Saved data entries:
================================

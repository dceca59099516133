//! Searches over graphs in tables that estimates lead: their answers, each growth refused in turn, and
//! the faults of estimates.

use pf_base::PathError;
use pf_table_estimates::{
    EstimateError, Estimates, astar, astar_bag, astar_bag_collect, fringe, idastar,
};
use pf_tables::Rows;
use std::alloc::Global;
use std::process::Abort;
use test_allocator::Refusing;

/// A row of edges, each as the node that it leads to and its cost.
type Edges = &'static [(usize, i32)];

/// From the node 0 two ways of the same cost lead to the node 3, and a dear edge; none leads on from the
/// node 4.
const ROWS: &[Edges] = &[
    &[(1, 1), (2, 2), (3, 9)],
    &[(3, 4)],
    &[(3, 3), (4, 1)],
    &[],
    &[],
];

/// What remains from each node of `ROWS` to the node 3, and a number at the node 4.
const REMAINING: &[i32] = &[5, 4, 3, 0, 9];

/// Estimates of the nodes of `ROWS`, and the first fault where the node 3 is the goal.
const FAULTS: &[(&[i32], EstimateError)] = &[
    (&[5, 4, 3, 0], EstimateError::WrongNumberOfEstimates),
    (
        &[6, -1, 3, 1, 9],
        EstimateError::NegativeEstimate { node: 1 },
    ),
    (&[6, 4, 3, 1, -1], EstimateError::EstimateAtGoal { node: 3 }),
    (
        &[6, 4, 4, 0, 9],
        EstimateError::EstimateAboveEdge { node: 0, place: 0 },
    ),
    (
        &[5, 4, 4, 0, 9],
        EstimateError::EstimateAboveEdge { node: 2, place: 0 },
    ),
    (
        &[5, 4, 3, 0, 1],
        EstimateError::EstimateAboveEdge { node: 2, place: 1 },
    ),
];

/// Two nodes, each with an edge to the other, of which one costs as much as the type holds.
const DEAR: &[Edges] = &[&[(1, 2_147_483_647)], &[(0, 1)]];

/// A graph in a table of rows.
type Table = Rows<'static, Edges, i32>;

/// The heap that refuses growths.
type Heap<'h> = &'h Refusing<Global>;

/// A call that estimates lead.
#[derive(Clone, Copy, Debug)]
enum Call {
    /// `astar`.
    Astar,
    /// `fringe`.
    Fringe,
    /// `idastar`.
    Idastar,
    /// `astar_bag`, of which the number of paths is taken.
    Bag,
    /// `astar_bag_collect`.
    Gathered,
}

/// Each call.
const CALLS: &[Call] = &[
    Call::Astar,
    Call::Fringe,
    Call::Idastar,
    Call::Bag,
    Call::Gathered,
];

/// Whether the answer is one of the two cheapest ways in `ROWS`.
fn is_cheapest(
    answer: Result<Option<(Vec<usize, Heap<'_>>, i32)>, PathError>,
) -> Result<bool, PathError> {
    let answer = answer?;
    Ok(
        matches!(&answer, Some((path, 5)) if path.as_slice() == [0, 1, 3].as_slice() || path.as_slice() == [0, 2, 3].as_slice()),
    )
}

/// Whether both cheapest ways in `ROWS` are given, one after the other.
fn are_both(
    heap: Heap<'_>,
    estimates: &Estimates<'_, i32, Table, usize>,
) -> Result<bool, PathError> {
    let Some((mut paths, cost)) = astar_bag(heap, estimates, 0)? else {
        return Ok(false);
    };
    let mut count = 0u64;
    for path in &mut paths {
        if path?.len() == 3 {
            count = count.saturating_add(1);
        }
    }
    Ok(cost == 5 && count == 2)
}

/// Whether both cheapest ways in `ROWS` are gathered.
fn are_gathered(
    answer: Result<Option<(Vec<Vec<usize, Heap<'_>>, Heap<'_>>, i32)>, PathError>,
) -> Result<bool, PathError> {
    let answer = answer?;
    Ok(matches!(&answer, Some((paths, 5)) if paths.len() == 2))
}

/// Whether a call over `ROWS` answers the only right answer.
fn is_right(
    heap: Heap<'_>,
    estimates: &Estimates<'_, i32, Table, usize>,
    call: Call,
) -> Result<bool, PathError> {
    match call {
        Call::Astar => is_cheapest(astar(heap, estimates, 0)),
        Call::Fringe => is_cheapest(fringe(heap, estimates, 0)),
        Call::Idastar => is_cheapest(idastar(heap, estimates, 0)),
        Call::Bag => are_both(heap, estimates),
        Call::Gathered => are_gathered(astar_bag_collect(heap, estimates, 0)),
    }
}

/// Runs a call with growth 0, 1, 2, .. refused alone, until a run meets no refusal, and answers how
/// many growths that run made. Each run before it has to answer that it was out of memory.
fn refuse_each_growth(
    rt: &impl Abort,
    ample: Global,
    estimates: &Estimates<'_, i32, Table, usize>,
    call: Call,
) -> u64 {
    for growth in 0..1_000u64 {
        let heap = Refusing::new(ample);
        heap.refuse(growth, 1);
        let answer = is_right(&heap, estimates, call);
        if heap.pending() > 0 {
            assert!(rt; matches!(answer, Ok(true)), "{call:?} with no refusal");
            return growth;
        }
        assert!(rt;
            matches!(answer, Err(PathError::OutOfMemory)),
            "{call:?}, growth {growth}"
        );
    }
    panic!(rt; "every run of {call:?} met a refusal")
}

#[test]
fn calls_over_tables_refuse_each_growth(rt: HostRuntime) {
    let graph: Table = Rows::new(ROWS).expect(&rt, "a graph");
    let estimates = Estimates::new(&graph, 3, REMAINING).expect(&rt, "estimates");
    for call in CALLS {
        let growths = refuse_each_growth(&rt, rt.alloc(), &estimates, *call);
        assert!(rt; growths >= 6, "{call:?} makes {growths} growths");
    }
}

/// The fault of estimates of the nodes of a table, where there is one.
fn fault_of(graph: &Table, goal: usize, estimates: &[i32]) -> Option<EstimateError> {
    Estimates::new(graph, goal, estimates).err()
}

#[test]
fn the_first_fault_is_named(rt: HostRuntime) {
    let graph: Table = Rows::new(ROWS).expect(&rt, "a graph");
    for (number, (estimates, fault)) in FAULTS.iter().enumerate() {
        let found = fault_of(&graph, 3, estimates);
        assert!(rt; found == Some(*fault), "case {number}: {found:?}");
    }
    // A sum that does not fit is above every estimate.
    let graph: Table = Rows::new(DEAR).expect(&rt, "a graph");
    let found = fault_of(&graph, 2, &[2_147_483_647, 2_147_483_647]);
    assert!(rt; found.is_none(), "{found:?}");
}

================================

> [Task description]:
The entries above must each be repeated exactly.

> [Expected output]:
repository dceca59099516133
//! Searches over graphs in tables that estimates lead: their answers, each growth refused in turn, and
//! the faults of estimates.

use pf_base::PathError;
use pf_table_estimates::{
    EstimateError, Estimates, astar, astar_bag, astar_bag_collect, fringe, idastar,
};
use pf_tables::Rows;
use std::alloc::Global;
use std::process::Abort;
use test_allocator::Refusing;

/// A row of edges, each as the node that it leads to and its cost.
type Edges = &'static [(usize, i32)];

/// From the node 0 two ways of the same cost lead to the node 3, and a dear edge; none leads on from the
/// node 4.
const ROWS: &[Edges] = &[
    &[(1, 1), (2, 2), (3, 9)],
    &[(3, 4)],
    &[(3, 3), (4, 1)],
    &[],
    &[],
];

/// What remains from each node of `ROWS` to the node 3, and a number at the node 4.
const REMAINING: &[i32] = &[5, 4, 3, 0, 9];

/// Estimates of the nodes of `ROWS`, and the first fault where the node 3 is the goal.
const FAULTS: &[(&[i32], EstimateError)] = &[
    (&[5, 4, 3, 0], EstimateError::WrongNumberOfEstimates),
    (
        &[6, -1, 3, 1, 9],
        EstimateError::NegativeEstimate { node: 1 },
    ),
    (&[6, 4, 3, 1, -1], EstimateError::EstimateAtGoal { node: 3 }),
    (
        &[6, 4, 4, 0, 9],
        EstimateError::EstimateAboveEdge { node: 0, place: 0 },
    ),
    (
        &[5, 4, 4, 0, 9],
        EstimateError::EstimateAboveEdge { node: 2, place: 0 },
    ),
    (
        &[5, 4, 3, 0, 1],
        EstimateError::EstimateAboveEdge { node: 2, place: 1 },
    ),
];

/// Two nodes, each with an edge to the other, of which one costs as much as the type holds.
const DEAR: &[Edges] = &[&[(1, 2_147_483_647)], &[(0, 1)]];

/// A graph in a table of rows.
type Table = Rows<'static, Edges, i32>;

/// The heap that refuses growths.
type Heap<'h> = &'h Refusing<Global>;

/// A call that estimates lead.
#[derive(Clone, Copy, Debug)]
enum Call {
    /// `astar`.
    Astar,
    /// `fringe`.
    Fringe,
    /// `idastar`.
    Idastar,
    /// `astar_bag`, of which the number of paths is taken.
    Bag,
    /// `astar_bag_collect`.
    Gathered,
}

/// Each call.
const CALLS: &[Call] = &[
    Call::Astar,
    Call::Fringe,
    Call::Idastar,
    Call::Bag,
    Call::Gathered,
];

/// Whether the answer is one of the two cheapest ways in `ROWS`.
fn is_cheapest(
    answer: Result<Option<(Vec<usize, Heap<'_>>, i32)>, PathError>,
) -> Result<bool, PathError> {
    let answer = answer?;
    Ok(
        matches!(&answer, Some((path, 5)) if path.as_slice() == [0, 1, 3].as_slice() || path.as_slice() == [0, 2, 3].as_slice()),
    )
}

/// Whether both cheapest ways in `ROWS` are given, one after the other.
fn are_both(
    heap: Heap<'_>,
    estimates: &Estimates<'_, i32, Table, usize>,
) -> Result<bool, PathError> {
    let Some((mut paths, cost)) = astar_bag(heap, estimates, 0)? else {
        return Ok(false);
    };
    let mut count = 0u64;
    for path in &mut paths {
        if path?.len() == 3 {
            count = count.saturating_add(1);
        }
    }
    Ok(cost == 5 && count == 2)
}

/// Whether both cheapest ways in `ROWS` are gathered.
fn are_gathered(
    answer: Result<Option<(Vec<Vec<usize, Heap<'_>>, Heap<'_>>, i32)>, PathError>,
) -> Result<bool, PathError> {
    let answer = answer?;
    Ok(matches!(&answer, Some((paths, 5)) if paths.len() == 2))
}

/// Whether a call over `ROWS` answers the only right answer.
fn is_right(
    heap: Heap<'_>,
    estimates: &Estimates<'_, i32, Table, usize>,
    call: Call,
) -> Result<bool, PathError> {
    match call {
        Call::Astar => is_cheapest(astar(heap, estimates, 0)),
        Call::Fringe => is_cheapest(fringe(heap, estimates, 0)),
        Call::Idastar => is_cheapest(idastar(heap, estimates, 0)),
        Call::Bag => are_both(heap, estimates),
        Call::Gathered => are_gathered(astar_bag_collect(heap, estimates, 0)),
    }
}

/// Runs a call with growth 0, 1, 2, .. refused alone, until a run meets no refusal, and answers how
/// many growths that run made. Each run before it has to answer that it was out of memory.
fn refuse_each_growth(
    rt: &impl Abort,
    ample: Global,
    estimates: &Estimates<'_, i32, Table, usize>,
    call: Call,
) -> u64 {
    for growth in 0..1_000u64 {
        let heap = Refusing::new(ample);
        heap.refuse(growth, 1);
        let answer = is_right(&heap, estimates, call);
        if heap.pending() > 0 {
            assert!(rt; matches!(answer, Ok(true)), "{call:?} with no refusal");
            return growth;
        }
        assert!(rt;
            matches!(answer, Err(PathError::OutOfMemory)),
            "{call:?}, growth {growth}"
        );
    }
    panic!(rt; "every run of {call:?} met a refusal")
}

#[test]
fn calls_over_tables_refuse_each_growth(rt: HostRuntime) {
    let graph: Table = Rows::new(ROWS).expect(&rt, "a graph");
    let estimates = Estimates::new(&graph, 3, REMAINING).expect(&rt, "estimates");
    for call in CALLS {
        let growths = refuse_each_growth(&rt, rt.alloc(), &estimates, *call);
        assert!(rt; growths >= 6, "{call:?} makes {growths} growths");
    }
}

/// The fault of estimates of the nodes of a table, where there is one.
fn fault_of(graph: &Table, goal: usize, estimates: &[i32]) -> Option<EstimateError> {
    Estimates::new(graph, goal, estimates).err()
}

#[test]
fn the_first_fault_is_named(rt: HostRuntime) {
    let graph: Table = Rows::new(ROWS).expect(&rt, "a graph");
    for (number, (estimates, fault)) in FAULTS.iter().enumerate() {
        let found = fault_of(&graph, 3, estimates);
        assert!(rt; found == Some(*fault), "case {number}: {found:?}");
    }
    // A sum that does not fit is above every estimate.
    let graph: Table = Rows::new(DEAR).expect(&rt, "a graph");
    let found = fault_of(&graph, 2, &[2_147_483_647, 2_147_483_647]);
    assert!(rt; found.is_none(), "{found:?}");
}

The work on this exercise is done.